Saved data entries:
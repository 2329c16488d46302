//! The expression that a text spells.
ghost use Rattle.std.specs.Prelude.{◌≡◌, IfOk};
ghost use Rattle.f77_exprs.specs.Answer.{Answers};
ghost use Rattle.f77_exprs.specs.Cause.{refusal_of};
ghost use Rattle.f77_exprs.specs.Reading as spec;

use crate::cause::cause_of;
use crate::grammar::expr_within;
use crate::reader::Reader;
use crate::unread::Unread;
use f77_ast::expr::Expr;
use f77_ast::refusal::{FrontError, Refusal};
use hyb_base::no_memory::NoMemory;
use std::alloc::Global;

/// The expression that is read of a whole text. No parentheses in it nest deeper than it is long.
#[tactic(auto, unfolding(crate::specs::Reading::expr_of))]
fn read(alloc: Global, text: &[u8]) -> Result<Option<Expr>, NoMemory>
    ensures { IfOk result (λ tree. tree ≡ spec.expr_of text.now) }
{
    let mut reader = Reader::new(text);
    match expr_within(alloc, &mut reader, text.len() + 1) {
        Ok(tree) if reader.is_empty() => Ok(Some(tree)),
        Ok(_tree) => Ok(None),
        Err(Unread::Unspelled) => Ok(None),
        Err(Unread::NoMemory) => Err(NoMemory),
    }
}

/// Why a text that spells no expression is refused: at line 0, since it is in no file.
fn refusal(alloc: Global, text: &[u8]) -> Result<Refusal, NoMemory>
    ensures { IfOk result (λ refusal. refusal ≡ refusal_of text.now) }
{
    let cause = cause_of(alloc, text)?;
    Ok(Refusal::new(0, cause.rule()))
}

/// expr: the one expression that a text spells, in which no blanks and no lower-case letters are outside character
/// constants (ANSI X3.9-1978, section 6).
///
/// # Errors
///
/// `Refused` exactly where the text spells none: at line 0, with the first code that fits. 12 is a real literal: a point
/// that belongs to no dotted word and has a digit beside it, or a number with an exponent. 11 is a number past 2^63 - 1.
/// 13 is a name of more than six letters and digits. 10 is any other text. What is inside character constants makes
/// none of these. `NoMemory` where memory failed.
pub fn expr(alloc: Global, text: &[u8]) -> Result<Expr, FrontError>
    ensures { Answers text.now result }
{
    match read(alloc, text)? {
        Some(tree) => Ok(tree),
        None => Err(FrontError::Refused(refusal(alloc, text)?)),
    }
}
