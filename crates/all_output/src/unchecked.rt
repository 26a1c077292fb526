// The file of a mesh and heights that the tests have passed, in a profile, put into the output, or the output found too short.
ghost use Rattle.std.specs.Prelude.{◌≡◌, ◌*◌, ◌≤◌, false, ltb, length};
ghost use Rattle.mesh.specs.Corners.{most_corners};
ghost use Rattle.mesh.specs.Meshes.{mesh, paired};
ghost use Rattle.file_formats.specs.Numbers.{encode_number, zigzag};
ghost use Rattle.file_formats.specs.LayerFile.{most_layers};
ghost use Rattle.all_sweep.specs.AllLayers.{work};
ghost use Rattle.all_sweep.specs.Works.{Works, PutsFile, taken, taken_file};
ghost use Rattle.all_sweep.specs.Sweeps.{LayersTested, corner_lists, Sweeping};
ghost use Rattle.all_output.specs.Bounds.{longest_file};

use all_active::unchecked_levels::Levels;
use all_sweep::unchecked_sweep::{begin, layers_length, write_layers};
use cleaning::Profile;
use file_formats::numbers::{number_length, unsigned_of};
use mesh::Refusal;

// How many bytes a height takes.
fn height_length(h: i32) -> usize
    ensures result { (result ≡ length (encode_number (zigzag h))) × (result ≤ 5) }
{
    number_length(unsigned_of(i64::from(h)))
}

// How many bytes the layer file takes at most, by how many crossings all heights have.
fn longest(levels: Levels<'_>, crossings: usize) -> usize
    requires { crossings ≤ most_corners * most_layers }
    ensures value { result ≡ longest_file (taken levels.entry) crossings }
{
    let mut total = number_length(levels.count as u64) + 10 * crossings;
    for k in 0..levels.count {
        let h = levels.height(k);
        total += height_length(h) + 3;
    }
    total
}

// Whether the file, which is no longer than bound, is longer than room: it is measured where the bound is. Else the sweep is begun.
fn is_short(
    profile: Profile,
    coords: &[i32],
    corners: &[u32],
    pairing: &[u32],
    levels: Levels<'_>,
    names: &mut [u32],
    points: &mut [i32],
    ends: &mut [u32],
    marks: &mut [u32],
    ring: &mut [u32],
    heads: &mut [u32],
    bound: usize,
    room: usize,
) -> bool
    requires fact_1 { LayersTested (paired coords.now corners.now pairing.now) (taken levels)
        (work names.old points.old ends.old marks.old ring.old) }
    requires fact_2 { Sweeping (mesh coords.now corners.now) (taken levels) 0
        (corner_lists ring.old heads.old marks.old (length corners.now)) }
    requires fact_3 { length
        (taken_file profile (paired coords.now corners.now pairing.now) (taken levels))
        ≤ bound }
    ensures value { result ≡ ltb room
        (length (taken_file profile (paired coords.now corners.now pairing.now)
        (taken levels.entry))) }
    ensures work { Works (length corners.now)
        (work names.old points.old ends.old marks.old ring.old)
        (work names.new points.new ends.new marks.new ring.new) }
    ensures outcome { result ≡ false → Sweeping (mesh coords.now corners.now)
        (taken levels.entry) 0
        (corner_lists ring.new heads.new marks.new (length corners.now)) }
{
    if bound <= room {
        return false;
    }
    let n = layers_length(
        profile, coords, corners, pairing, levels, names, points, ends, marks, ring, heads,
    );
    if room < n {
        return true;
    }
    begin(coords, corners, levels, marks, ring, heads);
    false
}

// Writes the layer file, unless the output is shorter: that is known before the first byte is written. The heights have their lists in heads.
pub fn put_layers(
    profile: Profile,
    coords: &[i32],
    corners: &[u32],
    pairing: &[u32],
    levels: Levels<'_>,
    names: &mut [u32],
    points: &mut [i32],
    ends: &mut [u32],
    marks: &mut [u32],
    ring: &mut [u32],
    heads: &mut [u32],
    output: &mut [u8],
) -> Result<usize, Refusal>
    requires fact_1 { LayersTested (paired coords.now corners.now pairing.now) (taken levels)
        (work names.old points.old ends.old marks.old ring.old) }
    requires fact_2 { levels.count ≤ length heads.old }
    ensures outcome { PutsFile (taken_file profile
        (paired coords.now corners.now pairing.now)
        (taken levels.entry)) output.old result output.new }
    ensures work { Works (length corners.now)
        (work names.old points.old ends.old marks.old ring.old)
        (work names.new points.new ends.new marks.new ring.new) }
{
    let crossings = begin(coords, corners, levels, marks, ring, heads);
    let bound = longest(levels, crossings);
    let short = is_short(
        profile,
        coords,
        corners,
        pairing,
        levels,
        names,
        points,
        ends,
        marks,
        ring,
        heads,
        bound,
        output.len(),
    );
    if short {
        return Err(Refusal::Output(0));
    }
    Ok(write_layers(
        profile, coords, corners, pairing, levels, names, points, ends, marks, ring, heads, output,
    ))
}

→ **EXERCISE**
With the line containing "fn read(alloc: Global, text: &[u8])" as the last one, please set down exactly the lines of the records above from their very first line, and nothing more.

→ **RESPONSE FOR THIS EXERCISE**
repository 2329c16488d46302
//! The expression that a text spells.
ghost use Rattle.std.specs.Prelude.{◌≡◌, IfOk};
ghost use Rattle.f77_exprs.specs.Answer.{Answers};
ghost use Rattle.f77_exprs.specs.Cause.{refusal_of};
ghost use Rattle.f77_exprs.specs.Reading as spec;

use crate::cause::cause_of;
use crate::grammar::expr_within;
use crate::reader::Reader;
use crate::unread::Unread;
use f77_ast::expr::Expr;
use f77_ast::refusal::{FrontError, Refusal};
use hyb_base::no_memory::NoMemory;
use std::alloc::Global;

/// The expression that is read of a whole text. No parentheses in it nest deeper than it is long.
#[tactic(auto, unfolding(crate::specs::Reading::expr_of))]
fn read(alloc: Global, text: &[u8]) -> Result<Option<Expr>, NoMemory>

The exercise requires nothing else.